Supremo venezuelano adverte ao parlamento que suas atribuições têm limites

Caracas, 1 mar (EFE).- O Tribunal Supremo de Justiça (TSJ) da Venezuela advertiu nesta terça-feira em sentença que a Constituição prevê "limites democráticos" à tarefa fiscalista do parlamento, atualmente de maioria opositora ao governo do presidente Nicolás Maduro.

A sentença é anunciada no momento em que a oposição convocou diversas autoridades a apresentar-se na Assembleia Nacional (AN) e depois de afirmar que buscará antecipar o fim do mandato de Maduro através de vias distintas a um referendo revogatório, o único caminho que o governo reconhece ter validade.

Trata-se, indicou a sentença - sobre um recurso de interpretação da Constituição imposto por particulares -, de "garantir o equilíbrio entre os poderes" do Estado.

Na Venezuela são cinco os poderes (Executivo, Judicial, Legislativo, Eleitoral e Moral, este último integrado pela Controladoria, o Ministério Público e a Defensoria Pública) e "todos estão controlados por Maduro, com exceção da AN", criticou o presidente do parlamento, o deputado opositor Henry Ramos Allup.

Allup expressamente incluiu a Sala Constitucional do TSJ, que emitiu hoje a sentença que delimita o papel parlamentar, entre as instâncias que supostamente anulam a independência de poderes.
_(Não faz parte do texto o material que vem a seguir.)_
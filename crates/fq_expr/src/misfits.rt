//! Parts of an expression that cannot stand for anything together.
use crate::beside::number_of;
use crate::expressions::{Binary, Expr, Unary};
use crate::followed::scales_of_factor;
use fq_column::Schema;
use fq_notation::{Followed, NamedNotations, Scales};
use std::fmt;
use std::fmt::{Display, Formatter, Write};

/// The first part of an expression whose sides do not go together. Its text says what they are, and what to write in their place.
#[derive(Clone, Copy)]
pub struct Misfit<'a> {
    op: Option<Binary>,
    left: Side<'a>,
    right: Side<'a>,
}

// A side of an operation.
#[derive(Clone, Copy)]
struct Side<'a> {
    expression: &'a Expr,
    is_left: bool,
    followed: Option<Followed>,
}

impl Expr {
    /// The first part whose sides do not go together, on columns in these notations; `None` if all do.
    pub fn misfit(&self, schema: &Schema, named: &NamedNotations) -> Option<Misfit<'_>> {
        match self {
            Expr::One(_, part) => {
                if let Some(misfit) = part.misfit(schema, named) {
                    return Some(misfit);
                }
                self.misfit_of(None, part, part, schema, named)
            }
            Expr::Two(op, left, right) => {
                if let Some(misfit) = left.misfit(schema, named) {
                    return Some(misfit);
                }
                if let Some(misfit) = right.misfit(schema, named) {
                    return Some(misfit);
                }
                self.misfit_of(Some(*op), left, right, schema, named)
            }
            _ => None,
        }
    }

    // The expression itself, if these sides of it do not go together.
    fn misfit_of<'a>(
        &'a self,
        op: Option<Binary>,
        left: &'a Expr,
        right: &'a Expr,
        schema: &Schema,
        named: &NamedNotations,
    ) -> Option<Misfit<'a>> {
        if self.followed(schema, named).is_some() {
            return None;
        }
        Some(Misfit {
            op,
            left: Side::new(true, left, schema, named),
            right: Side::new(false, right, schema, named),
        })
    }
}

impl<'a> Side<'a> {
    fn new(
        is_left: bool,
        expression: &'a Expr,
        schema: &Schema,
        named: &NamedNotations,
    ) -> Side<'a> {
        Side {
            expression,
            is_left,
            followed: expression.followed(schema, named),
        }
    }

    // Whether it stands for days.
    fn is_day(&self) -> bool {
        matches!(self.followed, Some(Followed::Days))
    }

    // The scales of its numbers.
    fn scales(&self) -> Option<Scales> {
        self.followed?.numbers()
    }

    // The least of them.
    fn least(&self) -> u8 {
        self.scales().map_or(0, Scales::least)
    }

    // Whether a name has to say which of them it has.
    fn is_unread(&self) -> bool {
        self.scales().is_some_and(|scales| scales.read().is_none())
    }
}

impl Display for Side<'_> {
    fn fmt<W: Write>(&self, f: &mut Formatter<W>) -> fmt::Result {
        match self.expression {
            Expr::Col(name) => write!(f, "{:?}", name.as_str()),
            _ if self.is_left => f.write_str("the left side"),
            _ => f.write_str("the right side"),
        }
    }
}

impl Display for Misfit<'_> {
    fn fmt<W: Write>(&self, f: &mut Formatter<W>) -> fmt::Result {
        let (left, right) = (&self.left, &self.right);
        if left.is_day() {
            return write_day(f, left);
        }
        if right.is_day() {
            return write_day(f, right);
        }
        match (left.scales(), right.scales()) {
            (Some(left_scales), Some(right_scales)) => {
                write!(f, "{left} {left_scales} and {right} {right_scales}")?;
                self.write_way_out(f)
            }
            _ => write!(f, "{left} and {right} do not go together"),
        }
    }
}

impl<'a> Misfit<'a> {
    /// The name of the column that is the side with too few places; `None` if that side is an expression, if a name has to say the scale of a
    /// side, or if a product has too many places.
    pub fn short_column(&self) -> Option<&'a str> {
        if self.op == Some(Binary::Mul) || self.unread_side().is_some() {
            return None;
        }
        match self.short_side().expression {
            Expr::Col(name) => Some(name.as_str()),
            _ => None,
        }
    }

    /// How many places that side should have.
    pub fn wanted_places(&self) -> u8 {
        self.left.least().max(self.right.least())
    }

    // The side with fewer places, or the dividend.
    fn short_side(&self) -> &Side<'a> {
        if self.op == Some(Binary::FloorDiv) || self.left.least() < self.right.least() {
            &self.left
        } else {
            &self.right
        }
    }

    // The first side that may have several scales.
    fn unread_side(&self) -> Option<&Side<'a>> {
        if self.left.is_unread() {
            Some(&self.left)
        } else if self.right.is_unread() {
            Some(&self.right)
        } else {
            None
        }
    }

    // What to write in the place of sides of numbers.
    fn write_way_out<W: Write>(&self, f: &mut Formatter<W>) -> fmt::Result {
        if self.op == Some(Binary::Mul) {
            return write!(f, ", and a product has at most {}", Scales::MAX);
        }
        if let Some(side) = self.unread_side() {
            return write!(
                f,
                ": make {side} a column in a step before, and name its scale"
            );
        }
        let side = self.short_side();
        write_factor(f, side, side.least(), self.wanted_places())
    }
}

// What to write where a date stands.
fn write_day<W: Write>(f: &mut Formatter<W>, day: &Side<'_>) -> fmt::Result {
    match day.expression {
        Expr::Col(_) => write!(
            f,
            "{day} is a date: [\"floordiv\", {{\"col\": {day}}}, 1] gives its digits"
        ),
        _ => write!(f, "{day} is a date: a floordiv of it by 1 gives its digits"),
    }
}

// By what to multiply a side whose scale is too low. A number that it is multiplied by already becomes a column, since that may have the places
// which are missing.
fn write_factor<W: Write>(
    f: &mut Formatter<W>,
    side: &Side<'_>,
    places: u8,
    wanted: u8,
) -> fmt::Result {
    if let Some(number) = factor_of(side.expression) {
        return write!(
            f,
            ": make {number} a column in a step before, [\"each\", {number}], and name it: --decimal each={}",
            wanted.saturating_sub(places)
        );
    }
    write!(f, ": multiply {side} by 1")?;
    for _ in places..wanted {
        f.write_str("0")?;
    }
    Ok(())
}

// A number that is a factor of an expression, unless it may be there to move the point.
fn factor_of(expression: &Expr) -> Option<i64> {
    match expression {
        Expr::One(Unary::Neg, part) => factor_of(part),
        Expr::Two(Binary::Mul, left, right) => fixed_number(left)
            .or(fixed_number(right))
            .or(factor_of(left))
            .or(factor_of(right)),
        _ => None,
    }
}

// The number that an expression is, unless it may be there to move the point.
fn fixed_number(expression: &Expr) -> Option<i64> {
    let number = number_of(expression)?;
    scales_of_factor(number.unsigned_abs()).read()?;
    Some(number)
}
A Sala Constitucional do TSJ é a máxima instância judicial da Venezuela e tem o poder exclusivo de interpretar a Carta Magna do país, razão pela qual suas sentenças são de última instância e não admitem apelações.

A maioria parlamentar opositora convocou diferentes funcionários a prestar contas à margem de uma interpelação parlamentar formal e anunciou que promulgará leis que, na opinião do Executivo, contradizem inclusive tratados internacionais, entre eles uma anistia para libertar dirigentes opositores.
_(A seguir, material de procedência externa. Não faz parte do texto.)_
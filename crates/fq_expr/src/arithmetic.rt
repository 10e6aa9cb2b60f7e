//! Arithmetic of whole numbers.
ghost use Rattle.std.specs.Prelude.{◌≡◌, ◌+ℤ◌, ◌-ℤ◌, ◌*ℤ◌, ◌≢◌, ℤ, pos, Option, Some, FitsSigned};
ghost use Rattle.std.specs.Int.{w64};
ghost use Rattle.std.specs.Option.{SomeIff};
ghost use Rattle.fq_column.specs.declared.cells.Cell.{Cell};
ghost use Rattle.fq_column.specs.declared.cells.Cell.TheVariants as cells;
ghost use Rattle.fq_column.specs.Cell.{fitted};
ghost use Rattle.fq_expr.specs.Computed.{computed_cell};
ghost use Rattle.fq_expr.specs.Division.{floor_quotient, floor_remainder};
ghost use Rattle.fq_expr.specs.Value.{of_wholes, unless_zero};

use crate::operations::{Computed, Operation};
use fq_column::Memory;
use std::alloc::Global;

/// An operation on two whole numbers.
pub trait Arithmetic: Drop {
    /// What it gives for them, or a fault.
    ghost gives: { Self → ℤ → ℤ → Option Cell };

    fn of(&self, a: i64, b: i64) -> Computed<i64>
        ensures { computed_cell cells.Whole result ≡ gives self.now a b };
}

/// An operation on whole numbers that answers null if an operand is null.
#[derive(Drop)]
pub struct Arithmetically<F>(pub F);

impl<F: Arithmetic> Operation<i64, i64, i64> for Arithmetically<F> {
    ghost gives = { λ operation. of_wholes (F.gives operation.0) };

    fn at(
        &self,
        _alloc: Global,
        left: Option<&i64>,
        right: Option<&i64>,
    ) -> Result<Computed<i64>, Memory> {
        match (left, right) {
            (Some(a), Some(b)) => Ok(self.0.of(*a, *b)),
            _ => Ok(Computed::Null),
        }
    }
}

// A whole number, or a fault if it does not fit 64 bits.
fn checked(number: Option<i64>) -> Computed<i64>
    ensures { (z : ℤ) → SomeIff number (FitsSigned w64 z) z → computed_cell cells.Whole result ≡ fitted z }
{
    match number {
        Some(number) => Computed::Value(number),
        None => Computed::Fault,
    }
}

/// The sum.
#[derive(Drop)]
pub struct Add;

/// The difference.
#[derive(Drop)]
pub struct Sub;

/// The product.
#[derive(Drop)]
pub struct Mul;

/// The quotient rounded towards minus infinity.
#[derive(Drop)]
pub struct FloorDiv;

/// The remainder of that quotient.
#[derive(Drop)]
pub struct Mod;

impl Arithmetic for Add {
    ghost gives = { λ _ a b. fitted (a +ℤ b) };

    fn of(&self, a: i64, b: i64) -> Computed<i64> {
        checked(a.checked_add(b))
    }
}

impl Arithmetic for Sub {
    ghost gives = { λ _ a b. fitted (a -ℤ b) };

    fn of(&self, a: i64, b: i64) -> Computed<i64> {
        checked(a.checked_sub(b))
    }
}

impl Arithmetic for Mul {
    ghost gives = { λ _ a b. fitted (a *ℤ b) };

    fn of(&self, a: i64, b: i64) -> Computed<i64> {
        checked(a.checked_mul(b))
    }
}

impl Arithmetic for FloorDiv {
    ghost gives = { λ _. unless_zero (λ a b. fitted (floor_quotient a b)) };

    fn of(&self, a: i64, b: i64) -> Computed<i64> {
        if b == 0 {
            return Computed::Null;
        }
        checked(quotient(a, b))
    }
}

impl Arithmetic for Mod {
    ghost gives = { λ _. unless_zero (λ a b. Some (cells.Whole (floor_remainder a b))) };

    fn of(&self, a: i64, b: i64) -> Computed<i64> {
        if b == 0 {
            return Computed::Null;
        }
        Computed::Value(remainder(a, b))
    }
}

// The quotient rounded towards minus infinity, if it fits 64 bits.
fn quotient(a: i64, b: i64) -> Option<i64>
    requires { b ≢ pos 0 }
    ensures { SomeIff result (FitsSigned w64 (floor_quotient a b)) (floor_quotient a b) }
{
    if b > 0 {
        return Some(a.div_euclid(b));
    }
    i64::try_from((-i128::from(a)).div_euclid(-i128::from(b))).ok()
}

// The remainder of the quotient rounded towards minus infinity: 0, or a number with the divisor's sign.
fn remainder(a: i64, b: i64) -> i64
    requires { b ≢ pos 0 }
    ensures { result ≡ floor_remainder a b }
{
    if b > 0 {
        return a.rem_euclid(b);
    }
    -((-i128::from(a)).rem_euclid(-i128::from(b))) as i64
}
O TSJ já declarou "nulos absolutamente todos" os atos da AN no mês passado depois que foram juramentados deputados que por sentença não podiam ocupar suas cadeiras, decisão que posteriormente anulou quando a oposição parlamentar deu marcha à ré e aceitou a decisão e os desvinculou do Legislativo.

Posteriormente, a mesma Sala Constitucional do TSJ declarou em 11 de fevereiro a plena "validade" e "vigência" de um decreto de Maduro que a AN tinha rejeitado em 22 de janeiro por considerá-lo um "cheque em branco" a favor do chefe do Estado.

A sentença respectiva afirmou que o decreto de Maduro, que declarou estado de emergência na econômica nacional, "entrou em vigência" desde que foi ditado e "sua legitimidade, validade, vigência e eficácia jurídica-constitucional se mantêm irrevogavelmente incólumes".

A sentença de hoje detalhou ainda que apesar de "a Força Armada Nacional Bolivariana ser passível de controle parlamentar e político", isso deve acontecer somente "através de seu comandante-em-chefe, autoridade hierárquica suprema que exerce o presidente".

Também insistiu que a Constituição atribui à AN "competência de controle político" sobre o governo, mas não sobre o resto dos poderes do Estado nem sobre os governos regionais e municipais.

Em cumprimento de seus trabalhos de controle, as convocações do Legislativo, acrescentou, devem dirigir-se "exclusivamente a funcionários submetidos a controle político" e, além disso, "indicar o motivo e alcance preciso e racional das mesmas".

Estas convocações, finalizou a sentença, devem obedecer a "princípios de utilidade, necessidade, razoabilidade, proporcionalidade e colaboração entre poderes".